● **ENTRIES SHOWN**
//! Files as contracts speak of them, whatever system keeps them.

ghost use Rattle.std.specs.Prelude.{◌≡◌, ℕ, List, Option, IfOk, IfErr, IsErrOf, OnOk, OnSome};
ghost use Rattle.std.specs.Option.{option_map};
ghost use Rattle.ioa_value.specs.Actions.{Name};
ghost use Rattle.ioa_serving.specs.declared.store.StoreErr.{StoreErr};

use std::alloc::{AllocError, AllocFailed, Global};
use thiserror::Error;

/// Why a file was not read or written.
#[derive(Clone, Copy, Debug, PartialEq, Eq, Error)]
pub enum StoreErr {
    /// The file is not there, or cannot be read; or it cannot be written.
    #[error("io")]
    Io,
    /// A growth of memory was refused.
    #[error("memory")]
    OutOfMemory,
}

impl From<AllocError> for StoreErr {
    ghost use Rattle.std.specs.Prelude.{◌≡◌};
    ghost use Rattle.ioa_serving.specs.declared.store.StoreErr.TheVariants as errors;

    ghost from_gives = { λ _ e. e ≡ errors.OutOfMemory };

    fn from(_error: AllocError) -> StoreErr {
        StoreErr::OutOfMemory
    }
}

impl<T: Drop> From<AllocFailed<T>> for StoreErr {
    ghost use Rattle.std.specs.Prelude.{◌≡◌};
    ghost use Rattle.ioa_serving.specs.declared.store.StoreErr.TheVariants as errors;

    ghost from_gives = { λ _ e. e ≡ errors.OutOfMemory };

    fn from(_error: AllocFailed<T>) -> StoreErr {
        StoreErr::OutOfMemory
    }
}

/// The files that the program reads and writes.
pub trait Store {
    /// A load of the file of this name may give these bytes.
    ghost holds: { Self → Name → List ℕ → Type 0 };

    /// A load of the file of this name may fail.
    ghost lacks: { Self → Name → Type 0 };

    /// Under this name may stand a file that can be read and begins so: its first four bytes at least, or all where it has fewer. None: there may
    /// be no such file.
    ghost begins: { Self → Name → Option (List ℕ) → Type 0 };

    /// A save to the file of this name may fail.
    ghost bars: { Self → Name → Type 0 };

    /// Between these two these bytes were put in the file of this name, and no other file was changed.
    ghost saves: { Self → Self → Name → List ℕ → Type 0 };

    /// The bytes of a source or an object. Of a source that is longer than one may be so many are enough that this can be told.
    fn load(&self, alloc: Global, name: &str) -> Result<Vec<u8>, StoreErr>
        ensures ok { IfOk result (λ bytes. holds self.now name.now bytes.items) }
        ensures io { IsErrOf result StoreErr.Io → lacks self.now name.now };

    /// All bytes of a file, however many they are.
    fn load_whole(&self, alloc: Global, name: &str) -> Result<Vec<u8>, StoreErr>
        ensures ok { IfOk result (λ bytes. holds self.now name.now bytes.items) }
        ensures io { IsErrOf result StoreErr.Io → lacks self.now name.now };

    /// The first four bytes of a file at least, or all where it has fewer. None where no file of this name is there that can be read. Only want of
    /// memory is an error.
    fn beginning(&self, alloc: Global, name: &str) -> Result<Option<Vec<u8>>, AllocError>
        ensures ok { IfOk result (λ found. begins self.now name.now (option_map (λ bytes. bytes.items) found)) };

    /// Puts bytes in a file, whether it was there or not: all of them, or no file is changed.
    fn save(&mut self, alloc: Global, name: &str, bytes: &[u8]) -> Result<(), StoreErr>
        ensures ok { OnOk result (saves self.old self.new name.now bytes.now) }
        ensures io { IsErrOf result StoreErr.Io → bars self.old name.now }
        ensures kept { IfErr result (λ _. self.new ≡ self.old) };

    /// What is wrong with a file that cannot be read, in words for people. None where nothing is.
    fn complaint(&self, alloc: Global, name: &str) -> Result<Option<String>, StoreErr>
        ensures complains { IfOk result (λ complaint. OnSome complaint (lacks self.now name.now)) };
}
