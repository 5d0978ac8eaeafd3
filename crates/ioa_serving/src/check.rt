//! `check`: whether a source keeps the rules, or the code of an object is valid.

ghost use Rattle.std.specs.Prelude.{◌≡◌, ◌∷◌, [], All, List, Some, OnOk, IfErr, IsErrOf};
ghost use Rattle.ioa_device.specs.Devices.{PassesUnless, change};
ghost use Rattle.ioa_device.specs.declared.failure.LogErr.{LogErr};
ghost use Rattle.ioa_device.specs.Failing.{HasFailed};
ghost use Rattle.ioa_tree.specs.Compositions.{compositions};
ghost use Rattle.ioa_tree.specs.Tree.{CompositionTree};
ghost use Rattle.ioa_tree.specs.View.{declaration_of, tree_of};
ghost use Rattle.ioa_serving.specs.Checks.{Composes, IsCheck, IsCheckFailure, IsFine, IsFineSource, IsFirstRefused, IsUnchecked, IsUnfine, IsUnfineSource};
ghost use Rattle.ioa_serving.specs.Failing.{IsRefusedNamed};

use crate::compile::is_object;
use crate::failure::Failure;
use ioa_check::{Checked, check};
use ioa_compose::compose;
use ioa_device::{OutputDevice, send_all};
use ioa_loader::read_object;
use ioa_syntax::{Refusal, parse};
use ioa_tree::Declaration;
use std::alloc::Global;

/// Parses and checks a source, or reads an object and verifies its code, and writes `ok` on a line where that is fine. Of a source
/// each composition is composed, too, in their order, where `compositions` says so; the one composition of an object is in it.
///
/// # Errors
/// `Refused` where the text is no source, or the source is not well formed, or by the first composition that is refused, where they
/// are composed; `Object` where the bytes are no object; `List` where the device failed in this call; or want of memory. Nothing was
/// written then, or, where the device failed, no more than a beginning of the line.
pub fn check_text<W: OutputDevice>(
    alloc: Global,
    text: &[u8],
    compositions: bool,
    output: &mut W,
) -> Result<(), Failure>
    ensures checks { OnOk result (IsCheck text.now compositions (W.contents output.old) (W.contents output.new)) }
    ensures refused { IfErr result (λ e. IsCheckFailure text.now compositions (HasFailed (W.failure_count output.old) (W.failure_count output.new)) e) }
    ensures unwritten { IfErr result (λ e. IsUnchecked (W.contents output.old) (W.contents output.new) e) }
    ensures devices { PassesUnless (IsErrOf result (Failure.List LogErr.Io)) (change W.contents W.failure_count output.old output.new) }
{
    accept(alloc, text, compositions)?;
    send_all(output, b"ok\n")?;
    Ok(())
}

/// Whether a file is fine: a source, or an object.
fn accept(alloc: Global, text: &[u8], compositions: bool) -> Result<(), Failure>
    ensures fine { OnOk result (IsFine text.now compositions) }
    ensures refused { IfErr result (λ e. IsUnfine text.now compositions e) }
{
    if is_object(text) {
        let _program = read_object(alloc, text)?;
        return Ok(());
    }
    accept_source(alloc, text, compositions)?;
    Ok(())
}

/// Whether a source is fine, and each of its compositions, where these are asked for.
fn accept_source(alloc: Global, text: &[u8], compositions: bool) -> Result<(), Refusal>
    ensures fine { OnOk result (IsFineSource text.now compositions) }
    ensures refused { IfErr result (λ r. IsUnfineSource text.now compositions r) }
{
    let source = parse(alloc, text)?;
    let checked = check(alloc, source)?;
    if compositions {
        return compose_each(alloc, &checked);
    }
    Ok(())
}

/// Composes each composition of a source, in their order.
///
/// # Errors
/// That of the first one that is refused, where those before it are not; or want of memory.
fn compose_each(alloc: Global, checked: &Checked) -> Result<(), Refusal>
    ensures composed { OnOk result (All (Composes (tree_of checked.now)) (compositions (tree_of checked.now))) }
    ensures refused { IfErr result (λ r. IsFirstRefused (tree_of checked.now) r) }
{
    let declarations = checked.declarations();
    for declaration in declarations {
        compose_declared(alloc, checked, declaration)?;
    }
    Ok(())
}

/// Composes what a declaration of a source declares, where that is a composition.
///
/// # Errors
/// The composition is refused; or want of memory.
fn compose_declared(
    alloc: Global,
    checked: &Checked,
    declaration: &Declaration,
) -> Result<(), Refusal>
    ensures composed { OnOk result (All (Composes (tree_of checked.now)) (compositions (declaration_of declaration.now ∷ []))) }
    ensures refused { IfErr result (λ r. (c : CompositionTree) × (compositions (declaration_of declaration.now ∷ []) ≡ c ∷ []) × IsRefusedNamed (tree_of checked.now) (Some c.name) r) }
{
    match declaration {
        Declaration::Composition(assembly) => {
            let _composition = compose(alloc, checked, Some(assembly.name.text.as_str()))?;
            Ok(())
        }
        Declaration::Type(_) | Declaration::Automaton(_) | Declaration::Invariant(_) => Ok(()),
    }
}
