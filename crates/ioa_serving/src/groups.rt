//! The groups of the workers of a run on threads: those that can influence each other are of one group.

ghost use Rattle.std.specs.Prelude.{◌≡◌, ◌+◌, ◌<◌, IfOk, IsTrue, length, map, slice_index};
ghost use Rattle.std.specs.List.{range_with_len};
ghost use Rattle.ioa_value.specs.Actions.{act_of};
ghost use Rattle.ioa_serving.specs.Grouping as spec;
ghost use Rattle.ioa_serving.specs.Grouping.{AreGroups, AreLinked, AreTogether, HasJoined, Keeps};
ghost use Rattle.ioa_serving.specs.Links.{ShareGroups, are_linked};

use crate::links::are_linked;
use ioa_compile::Program;
use ioa_value::Action;
use std::alloc::{AllocError, Global};

/// For each component and then for the environment the number of its group. Those that share an action are of one group, and no two are that
/// need not be for this.
pub fn groups_of(
    alloc: Global,
    program: &Program,
    script: &[Action],
) -> Result<Vec<usize>, AllocError>
    ensures groups { IfOk result (λ gs. AreGroups (are_linked program.now (map act_of script.now)) (length program.now.members + 1) gs.items) }
    ensures shared { IfOk result (λ gs. ShareGroups program.now (map act_of script.now) gs.items) }
{
    let mut groups = apart(alloc, program.members().len())?;
    for worker in 0..groups.len() {
        join_linked(&mut groups, program, script, worker);
    }
    Ok(groups)
}

/// So many components and the environment, each in a group of its own.
fn apart(alloc: Global, components: usize) -> Result<Vec<usize>, AllocError>
    ensures { IfOk result (λ gs. gs.items ≡ range_with_len 0 (components + 1)) }
{
    let mut groups = Vec::new(alloc);
    for component in 0..components {
        groups.push(component)?;
    }
    groups.push(components)?;
    Ok(groups)
}

/// Makes one group of the worker's and those of all that are linked with it.
fn join_linked(groups: &mut [usize], program: &Program, script: &[Action], worker: usize)
    requires within { worker < length groups.old }
    requires linked { AreLinked (are_linked program.now (map act_of script.now)) (length groups.old) groups.old }
    ensures linked { AreLinked (are_linked program.now (map act_of script.now)) (length groups.old) groups.new }
    ensures keeps { Keeps groups.old groups.new }
    ensures joined { HasJoined (are_linked program.now (map act_of script.now)) groups.new worker (length groups.old) }
{
    for other in 0..groups.len() {
        join_if_linked(groups, program, script, worker, other);
    }
}

/// Makes one group of those of these workers, if they are linked.
fn join_if_linked(
    groups: &mut [usize],
    program: &Program,
    script: &[Action],
    worker: usize,
    other: usize,
)
    requires worker { worker < length groups.old }
    requires other { other < length groups.old }
    requires linked { AreLinked (are_linked program.now (map act_of script.now)) (length groups.old) groups.old }
    ensures linked { AreLinked (are_linked program.now (map act_of script.now)) (length groups.old) groups.new }
    ensures keeps { Keeps groups.old groups.new }
    ensures joined { IsTrue (are_linked program.now (map act_of script.now) worker other) → AreTogether groups.new worker other }
{
    if are_linked(program, script, worker, other) {
        join(groups, worker, other);
    }
}

/// Makes one group of those of these workers.
fn join(groups: &mut [usize], worker: usize, other: usize)
    requires worker { worker < length groups.old }
    requires other { other < length groups.old }
    ensures { groups.new ≡ map (spec.merged (slice_index groups.old other) (slice_index groups.old worker)) groups.old }
{
    let from = groups[other];
    let to = groups[worker];
    merge(groups, from, to);
}

/// Lets one group go into another.
fn merge(groups: &mut [usize], from: usize, to: usize)
    ensures { groups.new ≡ map (spec.merged from to) groups.old }
{
    for i in 0..groups.len() {
        groups[i] = merged(from, to, groups[i]);
    }
}

/// The group, where one has gone into another.
fn merged(from: usize, to: usize, group: usize) -> usize
    ensures { result ≡ spec.merged from to group }
{
    if group == from { to } else { group }
}
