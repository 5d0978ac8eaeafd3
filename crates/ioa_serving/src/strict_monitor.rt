//! `monitor --strict`: whether a specification accepts what a log tells, takes some of it, and passes over nothing that has a name of its own.

ghost use Rattle.std.specs.Prelude.{◌⊎◌, IfOk, IfErr, IfSome, IsErrOf};
ghost use Rattle.std.specs.Option.{option_copied};
ghost use Rattle.ioa_system.specs.Logs.{logged};
ghost use Rattle.ioa_device.specs.Devices.{BothPassUnless, FailsWhere, change};
ghost use Rattle.ioa_device.specs.declared.failure.LogErr.{LogErr};
ghost use Rattle.ioa_device.specs.Failing.{HasFailed, IsTextErr};
ghost use Rattle.ioa_inspect.specs.LogMonitors.{IsNoText};
ghost use Rattle.ioa_watch.specs.Watchers.{HasHeard};
ghost use Rattle.ioa_serving.specs.Failing.{IsMonitorFailure, IsUnwritten};
ghost use Rattle.ioa_serving.specs.Logs.{performed_in};
ghost use Rattle.ioa_serving.specs.Strict.{AnswersStrictly, BeginsStrictOf, IsStrictMonitoring, strict_of};

use crate::compile::program_of;
use crate::failure::Failure;
use crate::judged::performed_count;
use crate::verdict::{Verdict, verdict_of, verdict_text};
use ioa_compile::Program;
use ioa_device::{InputDevice, LogErr, OutputDevice, send_all};
use ioa_monitor::hides_actions;
use ioa_replay::read_log;
use ioa_system::Log;
use ioa_value::OutOfMemory;
use ioa_watch::Watcher;
use std::alloc::Global;

/// Monitors a log strictly by a composition of a source, or by an object, given the bytes of both: writes, as a JSON object or not, whether the composition accepts the actions that the
/// log tells to be performed, takes one of them, and passes over none that has a name of its own; and answers it. The log is read whole.
///
/// # Errors
/// As those of `monitor_text`.
pub fn strict_monitor_text<R: InputDevice, W: OutputDevice>(
    alloc: Global,
    text: &[u8],
    composition: Option<&str>,
    json: bool,
    input: &mut R,
    output: &mut W,
) -> Result<Verdict, Failure>
    ensures monitors { IfOk result (λ verdict. IfSome (R.remaining input.old) (λ bytes.
        IsStrictMonitoring json text.now (option_copied composition.entry) bytes (strict_of verdict) (W.contents output.old) (W.contents output.new))) }
    ensures refused { IfErr result (λ e. IsMonitorFailure text.now (option_copied composition.entry) (R.remaining input.old)
        (HasFailed (R.failure_count input.old) (R.failure_count input.new) ⊎ HasFailed (W.failure_count output.old) (W.failure_count output.new)) e) }
    ensures unwritten { IfErr result (λ e. IsUnwritten (BeginsStrictOf json text.now (option_copied composition.entry) (R.remaining input.old))
        (W.contents output.old) (W.contents output.new) e) }
    ensures devices { BothPassUnless (IsErrOf result (Failure.List LogErr.Io)) (change R.remaining R.failure_count input.old input.new) (change W.contents W.failure_count output.old output.new) }
{
    let program = program_of(alloc, text, composition)?;
    if hides_actions(&program) {
        return Err(Failure::SpecHasInternal);
    }
    let verdict = ask(alloc, &program, input)?;
    let line = verdict_text(alloc, json, verdict)?;
    send_all(output, line.as_bytes())?;
    Ok(verdict)
}

/// Reads a log, and asks a specification of it.
fn ask<R: InputDevice>(alloc: Global, program: &Program, input: &mut R) -> Result<Verdict, LogErr>
    ensures answers { IfOk result (λ verdict. IfSome (R.remaining input.old) (λ bytes. AnswersStrictly program.now bytes (strict_of verdict))) }
    ensures refused { IfErr result (λ e. IfSome (R.remaining input.old) (λ bytes. IsNoText program.now.types bytes e)) }
    ensures devices { FailsWhere (IsErrOf result LogErr.Io) (change R.remaining R.failure_count input.old input.new) }
    ensures only { IfErr result IsTextErr }
{
    let log = read_log(alloc, program.types(), input)?;
    let watcher = hear_log(alloc, program, &log)?;
    Ok(verdict_of(&watcher))
}

/// A specification that has heard what the log tells to be performed.
fn hear_log<'a>(alloc: Global, program: &'a Program, log: &Log) -> Result<Watcher<'a>, OutOfMemory>
    ensures { IfOk result (HasHeard program.now (performed_in (logged log.now))) }
{
    let entries = log.entries.as_slice();
    let mut watcher = Watcher::start(alloc, program)?;
    for index in 0..performed_count(log) {
        let entry = &entries[index];
        watcher.hear(&entry.action)?;
    }
    Ok(watcher)
}
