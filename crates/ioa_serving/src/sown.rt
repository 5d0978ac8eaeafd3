//! What runs by many seeds are given: what each of them is given, and the specifications and the invariants that are asked.

ghost use Rattle.std.specs.Prelude.{◌≡◌, ◌⊎◌, ◌↔◌, [], false, IsTrue, IfOk, IfErr};
ghost use Rattle.std.specs.List.{AllZip};
ghost use Rattle.std.specs.Option.{option_copied};
ghost use Rattle.ioa_tree.specs.Hosts.{Hosted};
ghost use Rattle.ioa_tree.specs.View.{tree_of};
ghost use Rattle.ioa_compile.specs.Subjects.{Runs, RunsAs, Subject, of_hosts};
ghost use Rattle.ioa_coverage.specs.Covered.{IsOriginOf};
ghost use Rattle.ioa_request.specs.Pasted.{texts};
ghost use Rattle.ioa_serving.specs.Alone.{IsUnrun};
ghost use Rattle.ioa_serving.specs.Failing.{IsRefusedGiven};
ghost use Rattle.ioa_serving.specs.Headline.{IsFileOf, begins_object};
ghost use Rattle.ioa_serving.specs.SeedRuns.{HasSown, IsSpecification, StandsFor, asked};
ghost use Rattle.ioa_serving.specs.Seeds.{IsUnmonitored};
ghost use Rattle.ioa_serving.specs.Watching.{IsFirstUnspecified, IsUnwatched, Specifies};

use crate::compile::{is_object, program_in};
use crate::failure::Failure;
use crate::ready::{Ready, ready_with};
use crate::sourced::{Sourced, compiled_in, with_source};
use crate::specifications::{checked_source, specifications};
use crate::store::Store;
use ioa_check::Checked;
use ioa_compile::Program;
use ioa_compose::Composition;
use ioa_request::Seeds;
use std::alloc::Global;

/// All that is read for runs by many seeds.
#[derive(Drop)]
pub struct Sown {
    /// What each run is given, but for its words.
    pub ready: Ready,
    /// The specifications that are asked whether they accept each run.
    pub specifications: Vec<Program>,
    /// Whether it is asked if the states of each run keep the invariants of the source.
    pub invariants: bool,
}

/// Reads what runs by many seeds are given. Nothing is run.
///
/// # Errors
/// As those of a single run; or where specifications or invariants are asked, `SourceWanted`, and of the first specification that is none `Refused` and
/// `SpecHasInternal`.
pub fn load_sown<F: Store>(alloc: Global, seeds: &Seeds<'_>, store: &F) -> Result<Sown, Failure>
    ensures sown { IfOk result (λ w. HasSown (F.holds store.now) seeds.now w) }
    ensures refused { IfErr result (λ e. IsUnrun (F.holds store.now) (F.lacks store.now) seeds.now.run e ⊎ IsUnmonitored (F.holds store.now) seeds.now e) }
{
    let text = store.load(alloc, seeds.run.file)?;
    let programs = programs_of(
        alloc,
        text.as_slice(),
        seeds.run.composition,
        seeds.monitors,
        seeds.invariants,
    )?;
    let ready = ready_with(alloc, &seeds.run, programs.sourced, store)?;
    Ok(Sown {
        ready,
        specifications: programs.specifications,
        invariants: seeds.invariants,
    })
}

/// The composition whose invariants are asked, where they are asked for.
pub(crate) fn asked_of(sown: &Sown) -> Option<&Composition>
    ensures { option_copied result ≡ asked sown.now.invariants sown.now.ready.source }
{
    if !sown.invariants {
        return None;
    }
    match &sown.ready.source {
        Some(source) => Some(&source.composition),
        None => None,
    }
}

/// The program that is run, with its source, and those of the specifications.
#[derive(Drop)]
struct Programs {
    sourced: Sourced,
    specifications: Vec<Program>,
}

/// The program that a file gives, as `program_of` gives it, with its source, and those of the specifications of these names, of which a source has to have
/// compositions. A source is checked once.
///
/// # Errors
/// As those of `program_of`; or where there are names, as those of `specified_in`; or `SourceWanted` where invariants are asked of an object.
fn programs_of(
    alloc: Global,
    text: &[u8],
    composition: Option<&str>,
    monitors: &[&str],
    invariants: bool,
) -> Result<Programs, Failure>
    ensures gives { IfOk result (λ p. (s : Subject) × IsFileOf text.now (option_copied composition.entry) s × RunsAs p.sourced.program s × IsOriginOf p.sourced.source s
        × StandsFor invariants s (asked invariants p.sourced.source)) }
    ensures specified { IfOk result (λ p. AllZip (IsSpecification text.now) (texts monitors.now) p.specifications.items) }
    ensures refused { IfErr result (λ e. IsRefusedGiven text.now (option_copied composition.entry) e
        ⊎ (((texts monitors.now ≡ []) × (invariants ≡ false) → ⊥) × IsUnwatched text.now (texts monitors.now) e)) }
{
    if !is_object(text) {
        return programs_in(alloc, text, composition, monitors);
    }
    if !asks_nothing(monitors, invariants) {
        return Err(Failure::SourceWanted);
    }
    let program = program_in(alloc, text, composition)?;
    Ok(Programs {
        sourced: Sourced {
            program,
            source: None,
        },
        specifications: Vec::new(alloc),
    })
}

/// Whether neither specifications nor invariants are asked.
fn asks_nothing(monitors: &[&str], invariants: bool) -> bool
    ensures { IsTrue result ↔ ((texts monitors.now ≡ []) × (invariants ≡ false)) }
{
    if invariants {
        return false;
    }
    monitors.is_empty()
}

/// The same of a source.
fn programs_in(
    alloc: Global,
    text: &[u8],
    composition: Option<&str>,
    monitors: &[&str],
) -> Result<Programs, Failure>
    requires { begins_object text.now ≡ false }
    ensures gives { IfOk result (λ p. (h : Hosted) × IsFileOf text.now (option_copied composition.entry) (of_hosts h) × Runs p.sourced.program h × IsOriginOf p.sourced.source (of_hosts h)) }
    ensures specified { IfOk result (λ p. AllZip (IsSpecification text.now) (texts monitors.now) p.specifications.items) }
    ensures refused { IfErr result (λ e. IsRefusedGiven text.now (option_copied composition.entry) e
        ⊎ ((texts monitors.now ≡ [] → ⊥) × IsUnwatched text.now (texts monitors.now) e)) }
{
    let checked = checked_source(alloc, text)?;
    let compiled = compiled_in(alloc, &checked, composition)?;
    let specifications = asked_specifications(alloc, &checked, monitors)?;
    Ok(Programs {
        sourced: with_source(checked, compiled),
        specifications,
    })
}

/// The specifications of these names, where there are names.
fn asked_specifications(
    alloc: Global,
    checked: &Checked,
    monitors: &[&str],
) -> Result<Vec<Program>, Failure>
    ensures specify { IfOk result (λ programs. AllZip (Specifies (tree_of checked.now)) (texts monitors.now) programs.items) }
    ensures refused { IfErr result (λ e. (texts monitors.now ≡ [] → ⊥) × (IsFirstUnspecified (tree_of checked.now) (texts monitors.now) e ⊎ (e ≡ Failure.OutOfMemory))) }
{
    if monitors.is_empty() {
        return Ok(Vec::new(alloc));
    }
    specifications(alloc, checked, monitors)
}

● **WHAT THE TASK REQUIRES**
Find "members" in the preceding records. Copy each line that holds it.

● **ANSWER FOR THIS EXERCISE**
    ensures groups { IfOk result (λ gs. AreGroups (are_linked program.now (map act_of script.now)) (length program.now.members + 1) gs.items) }
    let mut groups = apart(alloc, program.members().len())?;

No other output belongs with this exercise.